An overseas trip is unusual for a prime minister who has announced his resignation. In Japan, the wisdom of the visit was called into question, all the more because a state of emergency remains declared in Tokyo and other parts of the country over the novel coronavirus pandemic.

 

However, Suga blew his own horn by telling reporters in the United States that he believes the Quad, which was initially proposed by Japan, has “completely taken root.”

 

By way of illustrating diplomatic achievements over the past year, Suga said he has worked to consolidate the Japan-U.S. alliance, promoted the vision of a “free and open Indo-Pacific,” and focused on multilateral efforts, such as when Tokyo co-hosted a summit in June to ensure that COVID-19 vaccines would be shared through the international COVAX program.

 

Lurking behind all those actions is an undertone of rivalry with China. It was pointed out that even the COVAX summit was held against the backdrop of a sense of alarm about China’s vaccine diplomacy strategy.

 

A joint statement issued following the Japan-U.S. summit in April emphasized a tough stance toward China and expressly mentioned the “importance of peace and stability across the Taiwan Strait.”

 

While Suga was in office, Japan also strengthened its cooperation with European nations on the security front, including by conducting joint drills with the armed forces of Britain and France.

 

By contrast, efforts to seek dialogue and cooperation were apparently put on the back burner. Suga held talks with Chinese President Xi Jinping only by phone immediately after he was sworn in as prime minister.

 

We should point out the Suga administration lacked independent ideas on how Japan, caught in the middle of the U.S.-China rivalry, could preserve its own peace and security without just following Washington’s China strategy.

 

A lack of dialogue also characterized ties with South Korea. While in office, Suga never got around to holding a summit with President Moon Jae-in.

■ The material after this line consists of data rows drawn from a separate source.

/// The page behind a full one, and those behind the last device and in front of it.
const NEXT_PAGE: &str = r#"
a1 GET /v1/devices?after=000000000598
200 {"devices":[
  {"chip":"000000000599","order":"o1","reason":null,"serial":null,"state":"registered"}],"next":null}
a1 GET /v1/devices?after=000000000599
200 {"devices":[],"next":null}
a1 GET /v1/devices?after=000000000597
200 {"devices":[
  {"chip":"000000000598","order":"o1","reason":null,"serial":null,"state":"registered"},
  {"chip":"000000000599","order":"o1","reason":null,"serial":null,"state":"registered"}],"next":null}
"#;

/// What stands between the devices of the first and the second page, and of the second and the third.
const SECOND_PAGE: &str = r#"],"next":"000000001498"}
a1 GET /v1/devices?after=000000001498
200 {"devices":["#;

const THIRD_PAGE: &str = r#"],"next":"000000001998"}
a1 GET /v1/devices?after=000000001998
200 {"devices":["#;

/// What an import of acme's begins with; `#` stands for its number.
const IMPORT: &str =
    "a1 POST /v1/import {\"nr\":#,\"issuer\":\"acme-ca\",\"csv\":\"serial,key_sha256\\n";

/// A row of the import, with a digest of its own.
const RECORD: &str = "A#,00000000000000000000000000000000000000000000000000000000000#\\n";
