//! Want of memory in the middle of a conversation. These tests show what they are for where they
//! are run by hand, each N in turn: `rt try --test --fail-alloc N`. The gate refuses no allocation,
//! so there they hold a conversation as others do.
use std::alloc::Global;
use std::test::Fail;
use test_fixtures::conversations::devices::ACME;
use test_support::conversation::first_difference_after_want;
use test_support::keepers::{Fresh, KeeperCase, over_database, over_memory};

/// A seat's conversation in which an allocation may be refused.
struct Want;

impl KeeperCase for Want {
    fn first_difference<K: Fresh>(&self, alloc: Global) -> Result<String, Fail> {
        let mut keep = K::fresh(alloc)?;
        first_difference_after_want(alloc, &mut keep, ACME)
    }
}

/// By hand: it holds where the server is refused an allocation, whose request gets its reply when
/// it is sent again; where the test itself is refused one, it ends with that error.
#[test]
fn want_of_memory_changes_nothing(rt: HostRuntime) -> Result<(), Fail> {
    assert_eq!(rt; over_memory(rt.alloc(), &Want)?.as_str(), "");
    Ok(())
}

/// By hand: the same over SQL.
#[test]
fn want_of_memory_changes_no_database(rt: HostRuntime) -> Result<(), Fail> {
    assert_eq!(rt; over_database(rt.alloc(), &Want)?.as_str(), "");
    Ok(())
}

There were opportunities for doing so.

 

One such occasion emerged when a Group of Seven summit was held in June in Britain, where Moon was also invited as a guest. However, the two leaders ended up only exchanging greetings.

 

A plan for having Moon visit Japan in July to coincide with the Opening Ceremony for the Tokyo Olympics was also shelved.

 

While there is a deep rift between Japan and South Korea over issues of their shared history, Suga never took a step to find a breakthrough in the stalemate from a broad perspective–a decision that only the nation’s leader can make.

 

Resolution of the issue of Japanese nationals abducted by North Korean agents in the 1970s and 1980s, which Suga defined as a “top agenda item” for his administration, saw no progress.

 

There were no moves, either, for putting the talks with Russia back on their feet over the issue of the disputed Northern Territories.

 

Suga did not even conduct a critical review of how and why the previous administration of Shinzo Abe failed in the talks over the four islands off the eastern coast of Hokkaido, which were seized by the Soviet Union in the waning days of World War II.

 

A prime minister has a duty not only to deal with individual issues but also to use his own language to send out messages to audiences at home and abroad on the ideals and strategies of diplomacy that he believes Japan should pursue.

 

We strongly call on whoever succeeds Suga to be faithful to that duty, which was not a strong point for the outgoing prime minister.